Da mais alta janela da minha casa, com um lenço branco, digo adeus aos meus versos que partem para a humanidade. E não estou alegre nem triste; este é o destino dos versos [...]. Quem sabe quem os lerá? Quem sabe a que mãos irão? Fernando Pessoa.

Obs. usando a autonomia que a licença poética e a própria cultura brasileira me permitem, não adoto linearmente essa segunda outorga (arbitrária) da língua portuguesa.

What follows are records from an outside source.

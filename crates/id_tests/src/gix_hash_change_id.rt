//! Ids in the letters `z` to `k`.

use crate::expecting::{
    converted, expect, expect_below, expect_fed, expect_outcome, expect_same, expect_shown,
    expect_text, parsed,
};
use crate::gix_hash_prefix::beginning;
use crate::well_known::{BLOB, BLOB_256, BLOB_BYTES, BLOB_ID, BLOB_LETTERS, TREE_ID, id};
use gix_hash::{ChangeId, ObjectId, Prefix};
use std::process::Abort;

// The empty tree of SHA-1, and the empty blob of SHA-256.
const TREE_LETTERS: &str = "vorxumntvxnotloqpztzluvokrmtqxrrkollvqzv";

const BLOB_256_LETTERS: &str = "vswpzkvnwolrpqwtrypxtslwoylqpsmnmpyyruvwtklyvykssvqyxzpwzwsxyryw";

// Reads by each of the calls that read a change id.
fn expect_read(rt: &(impl Abort + AllocGlobal), rows: &[(&str, &str)]) {
    for &(text, want) in rows {
        expect_outcome(rt, ChangeId::from_reverse_hex(text.as_bytes()), want);
        expect_outcome(rt, parsed::<ChangeId>(text), want);
    }
}

#[test]
fn spelled(rt: HostRuntime) {
    let blob = ChangeId::from(BLOB_ID);
    expect_text(&rt, blob, BLOB_LETTERS);
    expect_text(&rt, ChangeId::from(TREE_ID), TREE_LETTERS);
    for &(hex_len, want) in &[
        (0, ""),
        (8, "ltqmlxqo"),
        (40, BLOB_LETTERS),
        (100, BLOB_LETTERS),
    ] {
        expect_text(&rt, blob.to_reverse_hex_with_len(hex_len), want);
    }
}

#[test]
fn compared_with_text(rt: HostRuntime) {
    let blob = ChangeId::from(BLOB_ID);
    expect!(&rt; [blob.eq_str(BLOB_LETTERS), blob.eq_str(BLOB)] == [true, false]);
    expect_shown(&rt, &blob);
}

#[test]
fn read_from_text(rt: HostRuntime) {
    expect_read(
        &rt,
        &[
            (BLOB_LETTERS, BLOB_LETTERS),
            ("LTQMLXQOOXMYMTVWVOROXQPLSSUPMRNXLVRNUWQY", BLOB_LETTERS),
            ("VoRxUmNtVxNoTlOqPzTzLuVoKrMtQxRrKoLlVqZv", TREE_LETTERS),
            (BLOB_256_LETTERS, BLOB_256_LETTERS),
            (BLOB, "Invalid character encountered"),
        ],
    );
}

#[test]
fn prefixes(rt: HostRuntime) {
    for &(letters, digits) in &[
        ("LTQM", "e69d"),
        ("ltqmlxq", "e69de29"),
        (BLOB_256_LETTERS, BLOB_256),
        ("0000", "Invalid hex character"),
        ("zzzj", "Invalid hex character"),
    ] {
        expect_outcome(&rt, Prefix::from_reverse_hex(letters), digits);
    }
    let prefix = beginning(&rt, &BLOB_ID, 7);
    expect_text(&rt, prefix.to_reverse_hex(), "ltqmlxq");
}

// The change id is that of the empty blob.
fn expect_blob(rt: &impl Abort, change: ChangeId) {
    expect!(rt; converted::<_, ObjectId>(change) == BLOB_ID);
    expect!(rt; converted::<_, Prefix>(change) == Prefix::from(BLOB_ID));
}

#[test]
fn conversions(rt: HostRuntime) {
    expect_blob(&rt, converted(BLOB_ID));
    expect_blob(&rt, converted(BLOB_ID.as_oid()));
}

#[test]
fn compared(rt: HostRuntime) {
    let blob = ChangeId::from(BLOB_ID);
    expect_below(&rt, &ChangeId::from(TREE_ID), &blob);
    expect_same(&rt, &blob, &ChangeId::from(id(&rt, BLOB)));
    expect_fed(&rt, &blob, &[&BLOB_BYTES]);
}

#[test]
fn displays_compared(rt: HostRuntime) {
    let blob = ChangeId::from(BLOB_ID);
    // The number of digits asked for counts, not that of the digits printed.
    let asked_50 = blob.to_reverse_hex_with_len(50);
    expect_below(&rt, &asked_50, &blob.to_reverse_hex_with_len(100));
    let tree = ChangeId::from(TREE_ID);
    expect_below(&rt, &tree.to_reverse_hex_with_len(100), &asked_50);
    expect_same(
        &rt,
        &blob.to_reverse_hex(),
        &blob.to_reverse_hex_with_len(40),
    );
}

#[test]
fn display_fed_to_a_hash(rt: HostRuntime) {
    let blob = ChangeId::from(BLOB_ID);
    expect_fed(
        &rt,
        &blob.to_reverse_hex_with_len(50),
        &[&BLOB_BYTES, &[50, 0, 0, 0, 0, 0, 0, 0]],
    );
}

terça-feira, novembro 03, 2009

Geografias... (guacira maciel)

Conheço a geografia física do teu corpo
que se integra ao meu na química
mágica da alquimia
conheço o teu relevo
desde as texturas que protegem a tua pele
as nuances de cores que suaves
aprofundam o encontro das nascentes
até o gosto de cada região
me banho na fluidez
que escorre da tua emoção represada
tentando conter o empuxo natural
que prefere cumprir o vaticínio do encontro
na ondulação das marés
conheço os sinais das mudanças de estação
no teu semblante
e na desarmonia do toque apressado dos teus dedos
posso tocar o esgarçar de nuvens suaves no teu sorriso
correr atrás das borboletas azuis do teu olhar
e me retrair aos nimbos escuros do teu medo
mas
sobretudo
reconheço a antiga
e eterna geografia da tua essência
refletida nos raios dourados
que teimosos colorem
as frestas azuis
por onde escapa tímida a tua alma

2 comentários:

O Sibarita disse...

Ô beleza dona moça! kkkk

E foi na geografia da descoberta que cheguei aqui! Oi que bom! Né não fia? kkkkkkkk

Porreta seu poema, valha-me Deus! kkkkk

Guacira Maciel disse...

Se é, fio!!
Navegar é preciso, né não??
Obrigada.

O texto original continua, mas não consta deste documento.